Collect the lines of the entries where "another" shows up.

-------- Data supplied --------

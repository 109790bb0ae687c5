// What holds of all units.
ghost use Rattle.std.specs.Prelude.{◌≡◌, ◌+◌, ◌≤◌, ◌<◌, ◌^◌, ℕ, List, length, take};
ghost use Rattle.std.specs.List.{AllByRecursion};
ghost use Rattle.tx_tree.specs.WideTree.{WideTree};
ghost use Rattle.tx_doc.specs.declared.buffer.Buffer.{Buffer as Named};
ghost use Rattle.tx_units.specs.Inside.{ChangesOne};
ghost use Rattle.tx_units.specs.Places.{UnitStandsIn, NoneBegins};
ghost use Rattle.tx_units.specs.Units.{base_units, body_units, units, units_over, nodes_made, made, made_over};

use crate::base::BASE_UNITS;
use tx_doc::{Buffer, formed_law};

/// A law: a document and at most 63 loaded styles have fewer than 2^23 units.
pub fn unit_count_law(buffers: &[Buffer])
    requires few { length buffers.now ≤ 64 }
    ensures { length (units buffers.now) < 2 ^ 23 }
{
    formed_law(buffers);
}

/// A law: the base style has `BASE_UNITS` units, and they are the first of the units of any buffers. The units over them
/// are all units, and what all are made of is what these are made of and what the others are.
pub fn base_law()
    ensures count { length base_units ≡ BASE_UNITS }
    ensures first { (buffers : List Named) → take BASE_UNITS (units buffers) ≡ base_units }
    ensures over { (buffers : List Named) → units_over base_units buffers ≡ units buffers }
    ensures made { (buffers : List Named) → made buffers ≡ nodes_made base_units + made_over buffers }
{}

/// A law: the units of a body are paragraphs of the document, with its root as origin, and their trees are at their
/// paths. No path is that of another, or begins one.
pub fn body_laws()
    ensures stand { (t : WideTree) → AllByRecursion (UnitStandsIn t) (body_units t) }
    ensures apart { (t : WideTree) → NoneBegins (body_units t) }
{}

/// A law: where another tree takes the place of a paragraph of the document, as `leaves_others` allows, the unit of
/// this paragraph has the other tree, and all other units are unchanged, with their paths.
pub fn inside_law()
    ensures { (buffers : List Named) (i : ℕ) (t x : WideTree) → ChangesOne buffers i t x }
{}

--------

Exercise response »
/// paths. No path is that of another, or begins one.
/// A law: where another tree takes the place of a paragraph of the document, as `leaves_others` allows, the unit of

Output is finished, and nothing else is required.